5. The soybean (Glycine max) genome was published in 2010. It also took a long time because it is relatively large at around 1 Gbp with tons of transposon repeats, and again has a lot of duplicated genes. The genome is in 20 chromosomes, and extensive genetic and physical maps allowed assigning most scaffolds to these chromosomes. In this image of them, genes are in blue, transposons in green, yellow, and light blue, while the upper grey layer is “none of the above”. Notice that the genes are mostly at the ends of the chromosome arms, with the pericentromeric transposon repeats making up most of the genome. Centromeres are pink.
6. The ~46,000 genes reveal two cycles of polyploidization, estimated by these authors at 13 and 60 Myr ago (which is completely different from the diagram at the end of the last lecture??). In this histogram, the ~31,000 genes that are paralogous are shown as pairs, with the younger polyploidization event having a Ks mode of ~0.15 (15% of possible synonymous changes have occurred), whereas the older event has a Ks mode of ~0.5. The remaining ~15,000 genes are singletons, presumably because their paralog was lost.
7. One of the most important features of soybeans is their production of lipids, with soybean oil being one of the major products. They tried to annotate all the genes possibly involved in lipid metabolism, and came up with 1,157. In every category there are more than in Arabidopsis, presumably due to retention of gene duplicates after the ~13 MYA polyploidization. Other analyses include an extensive discussion of the genes implicated in facilitating and regulating the formation of nodules, the root structures peculiar to legumes which harbor nitrogen-fixing bacteria.
8. Just to show the complexity of these genomes, here are their pie charts of the many different kinds of transcription factors found in these two plant genomes (5,673 genes in 63 families for soybean, fully 12% of their gene catalog). Remember that the MADS family genes are the major regulators of plant form. They do have homeodomain/homeobox TFs, but they have different functions in plants. Soybean is on the left, with roughly double the number of each class of TF.
9. Several other plants have been sequenced, including sorghum, grape, and Populus, and more recently cucumber and strawberry. Our own Ray Ming in Plant Biology led sequencing of the papaya genome, starting when he was working in Hawaii generating transgenic strains resistant to viral infection. They did a fairly rough draft 3X WGS genome assembly with lots of gaps and a total size around 400 Mbp. Unlike all these other plants, it does not appear to have undergone a recent polyploidization, and hence has only ~13,000 genes. Indeed, this is close to the estimate for what the ancestral angiosperm genome looked like. 10. The Populus genome is reminiscent of the soybean genome, with ~45,000 protein-coding genes, and a relatively recent whole-genome duplication or polyploidization event contributing ~8000 paralog pairs that persist in this genome in large microsyntenic chunks. Populus is being promoted as a biofuel.
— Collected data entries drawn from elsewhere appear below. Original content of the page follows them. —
//! How deep expressions are.
ghost use Rattle.std.specs.Prelude.{◌≡◌, max, nat_le};
ghost use Rattle.px_tree.specs.View.{tree, trees, agg_tree, order_tree};
ghost use Rattle.px_conversion.specs.Depth.{depth_of, all_depth_of, order_depth_of, is_too_deep};

use px_column::SortOptions;
use px_tree::{AggExpr, Expr, Exprs};
use std::rc::Rc;

/// Whether an expression is as deep as a limit: a path to a leaf has at least so many nodes. 0 is no
/// limit.
pub(crate) fn is_too_deep(expr: &Expr, limit: u16) -> bool
    ensures { result ≡ is_too_deep limit (tree expr.now) }
{
    limit != 0 && reaches(expr, limit)
}

// Whether a path to a leaf has at least so many nodes.
#[cycle(depth)]
fn reaches(expr: &Expr, nodes: u16) -> bool
    ensures { result ≡ nat_le nodes (depth_of (tree expr.now)) }
{
    let Some(below) = nodes.checked_sub(1) else {
        return true;
    };
    match expr {
        Expr::Column(_) => below == 0,
        Expr::Literal(_) => below == 0,
        Expr::Alias(expr, _) => reaches(expr, below),
        Expr::BinaryExpr { left, right, .. } => either_reaches(left, right, below),
        Expr::Ternary {
            predicate,
            truthy,
            falsy,
        } => one_of_three_reaches(predicate, truthy, falsy, below),
        Expr::Cast { expr, .. } => reaches(expr, below),
        Expr::Function { input, .. } => one_reaches(input, below),
        Expr::Explode(expr) => reaches(expr, below),
        Expr::Filter { input, by } => either_reaches(input, by, below),
        Expr::Slice {
            input,
            offset,
            length,
        } => one_of_three_reaches(input, offset, length, below),
        Expr::Gather { expr, idx, .. } => either_reaches(expr, idx, below),
        Expr::Sort { expr, .. } => reaches(expr, below),
        Expr::SortBy { expr, by, .. } => reaches(expr, below) || one_reaches(by, below),
        Expr::Agg(reduction) => reduced_reaches(reduction, nodes),
        Expr::Len => below == 0,
        Expr::Window {
            function,
            partition_by,
            order_by,
            ..
        } => {
            reaches(function, below)
                || one_reaches(partition_by, below)
                || order_reaches(order_by, below)
        }
    }
}

#[cycle(depth)]
fn either_reaches(first: &Expr, second: &Expr, nodes: u16) -> bool
    ensures { result ≡ nat_le nodes (max (depth_of (tree first.now)) (depth_of (tree second.now))) }
{
    reaches(first, nodes) || reaches(second, nodes)
}

#[cycle(depth)]
fn one_of_three_reaches(first: &Expr, second: &Expr, third: &Expr, nodes: u16) -> bool
    ensures { result ≡ nat_le nodes
        (max (depth_of (tree first.now)) (max (depth_of (tree second.now)) (depth_of (tree third.now)))) }
{
    reaches(first, nodes) || either_reaches(second, third, nodes)
}

#[cycle(depth)]
fn one_reaches(exprs: &Exprs, nodes: u16) -> bool
    ensures { result ≡ nat_le nodes (all_depth_of (trees exprs.now)) }
{
    for expr in exprs.items.iter() {
        if reaches(expr, nodes) {
            return true;
        }
    }
    nodes == 0
}

#[cycle(depth)]
fn order_reaches(order: &Option<(Rc<Expr>, SortOptions)>, nodes: u16) -> bool
    ensures { result ≡ nat_le nodes (order_depth_of (order_tree order.now)) }
{
    match order {
        None => nodes == 0,
        Some((key, _)) => reaches(key, nodes),
    }
}

// The same of a reduction, which is a node itself.
#[cycle(depth)]
fn reduced_reaches(reduction: &AggExpr, nodes: u16) -> bool
    ensures { result ≡ nat_le nodes (depth_of (agg_tree reduction.now)) }
{
    let Some(below) = nodes.checked_sub(1) else {
        return true;
    };
    match reduction {
        AggExpr::Min(input)
        | AggExpr::Max(input)
        | AggExpr::Sum(input)
        | AggExpr::First(input)
        | AggExpr::Last(input)
        | AggExpr::NUnique(input)
        | AggExpr::Implode(input)
        | AggExpr::Count(input, _) => reaches(input, below),
    }
}
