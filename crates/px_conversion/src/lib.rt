//! What is noted of expressions while they are planned: windows, and depth beyond a limit.
#![tactic(auto)]

mod conversion;
mod depth;

pub use conversion::{ExpressionConversionState, LocalConversionState, get_expr_depth_limit};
11. Many plants have large genomes, especially amongst the gymnosperms like pines (15-25 Gbp), so they are unlikely to be completely sequenced any time soon. Instead, large scale sequencing of cDNAs, plus massive scale EST projects are being undertaken, allowing comparisons across all plants. Here is a phylogenomic tree based on large numbers of proteins from both genomes and transcriptomes, rooted with mosses, ferns, and liverworts at the bottom. The authors used the tree and protein dataset to conclude that several aspects of microRNA biology only evolved in the angiosperms, and might have contributed to their diversity.